7 Ik zal de goedertierenheden des HEEREN vermelden, den veelvoudigen lof des HEEREN, naar alles, wat de HEERE ons heeft bewezen, en de grote goedigheid aan het huis van Israel, die Hij hun bewezen heeft, naar Zijn barmhartigheden, en naar de veelheid Zijner goedertierenheden.
I will give news of the mercies of the Lord, and his great acts, even all the things the Lord has done for us, in his great grace to the house of Israel; even all he has done for us in his unnumbered mercies.
8 Want Hij zeide: Zij zijn immers Mijn volk, kinderen, die niet liegen zullen? Alzo is Hij hun geworden tot een Heiland.
For he said, Truly they are my people, children who will not be false: so he was their saviour out of all their trouble.

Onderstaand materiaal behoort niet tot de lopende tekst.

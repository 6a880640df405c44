//! Places of classes.

use std::alloc::{AllocError, Global};
use std::io;
use thiserror::Error;

/// A file that holds classes, by its path, and how many bytes it has.
#[derive(Debug, Drop)]
pub enum Place {
    /// One class.
    ClassFile(String, u64),
    /// A jar.
    Jar(String, u64),
}

/// Why a path isn't searched, or not all of it.
#[derive(Clone, Copy, Debug, Error)]
pub enum FindFault {
    /// The system doesn't find or read it, or a name in it isn't UTF-8.
    #[error("{0}")]
    Device(io::Error),
    /// It is neither a regular file nor a folder.
    #[error("neither a file nor a folder")]
    OtherKind,
}

/// A path that isn't searched, or not all of it, and why.
#[derive(Debug, Drop)]
pub struct Unsearched {
    pub path: String,
    pub fault: FindFault,
}

/// What was found under paths.
#[derive(Debug, Drop)]
pub struct Found {
    /// The files that hold classes.
    pub places: Vec<Place>,
    /// The paths that aren't searched.
    pub unsearched: Vec<Unsearched>,
}

impl Place {
    /// The path of its file.
    pub fn path(&self) -> &str {
        match self {
            Place::ClassFile(path, _) | Place::Jar(path, _) => path.as_str(),
        }
    }

    /// How many bytes its file had when it was found.
    pub fn len(&self) -> u64 {
        match self {
            Place::ClassFile(_, len) | Place::Jar(_, len) => *len,
        }
    }
}

impl Found {
    /// Nothing was found yet.
    pub fn new(alloc: Global) -> Found {
        Found {
            places: Vec::new(alloc),
            unsearched: Vec::new(alloc),
        }
    }

    pub(crate) fn add_place(&mut self, place: Place) -> Result<(), AllocError> {
        Ok(self.places.push(place)?)
    }

    pub(crate) fn add_unsearched(
        &mut self,
        path: String,
        fault: FindFault,
    ) -> Result<(), AllocError> {
        Ok(self.unsearched.push(Unsearched { path, fault })?)
    }
}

9 In al hun benauwdheid was Hij benauwd, en de Engel Zijns aangezichts heeft hen behouden; door Zijn liefde en door Zijn genade heeft Hij hen verlost; en Hij nam hen op, en Hij droeg hen al de dagen van ouds.

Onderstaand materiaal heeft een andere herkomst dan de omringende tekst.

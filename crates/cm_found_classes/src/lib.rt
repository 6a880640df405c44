//! What paths hold: class files, folders of them, and jars.
#![tactic(auto)]

mod entries;
mod name;
mod place;
mod search;

pub use entries::class_entries;
pub use name::{is_class_name, is_jar_name};
pub use place::{FindFault, Found, Place, Unsearched};
pub use search::find;
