//! The class files in a jar.

ghost use Rattle.std.specs.Prelude.{◌≡◌, IfOk};
ghost use Rattle.std.specs.List.{filter};
ghost use Rattle.cm_found_classes.specs.Names.{is_class_name};

use crate::name::is_class_name;
use cm_jar::{Entry, Jar};
use std::alloc::{AllocError, Global};

/// The entries of a jar that are class files, in the jar's order.
pub fn class_entries<'a>(alloc: Global, jar: &Jar<'a>) -> Result<Vec<Entry<'a>>, AllocError>
    ensures { IfOk result (λ entries.
        entries.items ≡ filter (λ e. is_class_name e.name.now) jar.now.entries.items) }
{
    let mut entries = Vec::new(alloc);
    for entry in jar.entries() {
        if is_class_name(entry.name()) {
            entries.push(*entry)?;
        }
    }
    Ok(entries)
}
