//! The numbers of 16 and of 32 bits in a word.
ghost use Rattle.std.specs.Prelude.{◌≡◌};
ghost use Rattle.cm_record_layout.specs.Packing.{first_of, second_of, third_of, fourth_of};
ghost use Rattle.cm_record_layout.specs.Packing.{upper_of};

use crate::packing::{FOURTH, SECOND, THIRD};

/// The first number of 16 bits in a word, the lowest.
pub fn first(word: u64) -> u16
    ensures { result ≡ first_of word }
{
    (word % SECOND) as u16
}

/// The second number of 16 bits in a word.
pub fn second(word: u64) -> u16
    ensures { result ≡ second_of word }
{
    (word / SECOND % SECOND) as u16
}

/// The third number of 16 bits in a word.
pub fn third(word: u64) -> u16
    ensures { result ≡ third_of word }
{
    (word / THIRD % SECOND) as u16
}

/// The fourth number of 16 bits in a word.
pub fn fourth(word: u64) -> u16
    ensures { result ≡ fourth_of word }
{
    (word / FOURTH % SECOND) as u16
}

/// The upper 32 bits of a word.
pub fn upper(word: u64) -> u32
    ensures { result ≡ upper_of word }
{
    (word / THIRD % THIRD) as u32
}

It was no sent one or angel, but he himself who was their saviour: in his love and in his pity he took up their cause, and he took them in his arms, caring for them all through the years.
10 Maar zij zijn wederspannig geworden, en zij hebben Zijn Heiligen Geest smarten aangedaan; daarom is Hij hun in een vijand verkeerd, Hij Zelf heeft tegen hen gestreden.

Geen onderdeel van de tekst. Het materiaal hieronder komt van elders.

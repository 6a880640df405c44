//! Names of class files and of jars.

ghost use Rattle.std.specs.Prelude.{◌≡◌};
ghost use Rattle.cm_found_classes.specs.Names.{has_last_part, is_class_name, is_jar_name};

/// Whether the last part of a path is this.
fn has_last_part(name: &[u8], part: &[u8]) -> bool
    ensures { result ≡ has_last_part name.now part.now }
{
    if !name.ends_with(part) {
        return false;
    }
    let before = name.len() - part.len();
    before == 0 || name[..before].ends_with(b"/")
}

/// Whether this is the name of a class file: it ends in `.class`, and its last part is neither
/// `module-info.class` nor `package-info.class`, which describe no class.
pub fn is_class_name(name: &[u8]) -> bool
    ensures { result ≡ is_class_name name.now }
{
    name.ends_with(b".class")
        && !has_last_part(name, b"module-info.class")
        && !has_last_part(name, b"package-info.class")
}

/// Whether this is the name of a jar: it ends in `.jar`.
pub fn is_jar_name(name: &[u8]) -> bool
    ensures { result ≡ is_jar_name name.now }
{
    name.ends_with(b".jar")
}
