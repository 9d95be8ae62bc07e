//! An object of an account as the columns of a row.
#![tactic(auto)]

mod pieces;
mod row;

pub use pieces::pieces_of;
pub use row::{
    Columns, PLACED, Row, RowFault, from_row, object_of_columns, row_with_etag, row_with_place,
    to_row,
};
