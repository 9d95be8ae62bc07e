//! A list of texts as one text: each as its length in decimal, `.` and its bytes.
ghost use Rattle.std.specs.Prelude.{◌≡◌, ◌++◌, flat_map, take, drop, IfOk, OnOk};
ghost use Rattle.object_rows.specs.Pieces.{piece_text, pieces_of, first_piece, other_pieces};

use gate_base::{Bytes, List, Memory, cut};
use std::alloc::Global;
use text_forms::{append_decimal, number_of};

/// The most digits of a size that are read: no number of so many is past a `u64`.
const DIGITS: usize = 19;

/// The text of a list of texts.
pub(crate) fn joined(alloc: Global, pieces: &[Bytes]) -> Result<Bytes, Memory>
    ensures { IfOk result (λ text. text ≡ flat_map piece_text pieces.now) }
{
    let mut text = Bytes::new(alloc);
    for piece in pieces {
        append_piece(&mut text, piece.as_slice())?;
    }
    Ok(text)
}

fn append_piece(text: &mut Bytes, piece: &[u8]) -> Result<(), Memory>
    ensures { OnOk result (text.new ≡ text.old ++ piece_text piece.now) }
{
    append_decimal(text, piece.len() as u64)?;
    text.append(b".")?;
    text.append(piece)
}

/// The texts that stand in the places of a text. Where it is not the text of a list, they are some list.
pub fn pieces_of(alloc: Global, text: &[u8]) -> Result<List<Bytes>, Memory>
    ensures { IfOk result (λ pieces. pieces ≡ pieces_of text.now) }
{
    let mut pieces = List::new(alloc);
    let mut rest = text;
    'pieces: while rest.len() != 0 {
        let (piece, behind) = first_piece(rest);
        pieces.push(Bytes::from_slice(alloc, piece)?)?;
        rest = behind;
    }
    Ok(pieces)
}

/// The piece at the front, and what stands behind it.
#[tactic(auto, unfolding(crate::specs::Pieces::first_piece, crate::specs::Pieces::other_pieces))]
fn first_piece(text: &[u8]) -> (&[u8], &[u8])
    ensures piece { result.0.now ≡ first_piece text.now }
    ensures behind { result.1.now ≡ other_pieces text.now }
{
    let (size, body) = cut(text, b'.');
    cut_at(body, number_of(size, DIGITS).unwrap_or(0))
}

/// The first bytes, as many or all, and those behind them.
fn cut_at(text: &[u8], size: u64) -> (&[u8], &[u8])
    ensures front { result.0.now ≡ take size text.now }
    ensures behind { result.1.now ≡ drop size text.now }
{
    if size < text.len() as u64 {
        text.split_at(size as usize)
    } else {
        (text, &text[text.len()..])
    }
}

But they went against him, causing grief to his holy spirit: so he was turned against them, and made war on them.
11 Nochtans dacht Hij aan de dagen van ouds, aan Mozes en Zijn volk; maar nu, waar is Hij, Die hen uit de zee opgebracht heeft, met de herders Zijner kudde? Waar is Hij, Die Zijn Heiligen Geest in het midden van hen stelde?
Then the early days came to their minds, the days of Moses his servant: and they said, Where is he who made the keeper of his flock come up from the sea? where is he who put his holy spirit among them,
12 Die den arm Zijner heerlijkheid heeft doen gaan aan de rechterhand van Mozes; Die de wateren voor hunlieder aangezichten kliefde opdat Hij Zich een eeuwigen Naam maakte?
He who made the arm of his glory go at the right hand of Moses, by whom the waters were parted before them, to make himself an eternal name;
13 Die hen leidde door de afgronden; als een paard in de woestijn, struikelden zij niet.
He who made them go through the deep waters, like a horse in the waste land?
14 Gelijk een beest, dat afgaat in de valleien, heeft hun de Geest des HEEREN rust gegeven. Alzo hebt Gij Uw volk geleid, opdat Gij U een heerlijken Naam zoudt maken.
Like the cattle which go down into the valley, they went without falling, the spirit of the Lord guiding them: so you went before your people, to make yourself a great name.
15 Zie van den hemel af, en aanschouw van Uw heilige en Uw heerlijke woning; waar zijn Uw ijver en Uw mogendheden, het gerommel Uws ingewands en Uwer barmhartigheden? Zij houden zich tegen mij in.
Let your eyes be looking down from heaven, from your holy and beautiful house: where is your deep feeling, the working of your power? do not keep back the moving of your pity and your mercies:
16 Gij zijt toch onze Vader, want Abraham weet van ons niet, en Israel kent ons niet; Gij, o HEERE! zijt onze Vader, onze Verlosser van ouds af is Uw Naam.
For you are our father, though Abraham has no knowledge of us, and Israel gives no thought to us: you, O Lord, are our father; from the earliest days you have taken up our cause.
17 HEERE! waarom doet Gij ons van Uw wegen dwalen, waarom verstokt Gij ons hart, dat wij U niet vrezen? Keer weder om Uwer knechten wil, de stammen Uws erfdeels.
O Lord, why do you send us wandering from your ways, making our hearts hard, so that we have no fear of you? Come back, because of your servants, the tribes of your heritage.
18 Uw heilig volk heeft het maar een weinig tijds bezeten; onze wederpartijders hebben Uw heiligdom vertreden.
Why have evil men gone over your holy place, so that it has been crushed under the feet of our haters?
19 Wij zijn geworden als die, over welke Gij van ouds niet hebt geheerst, en die naar Uw Naam niet zijn genoemd.
We have become as those who were never ruled by you, on whom your name was not named.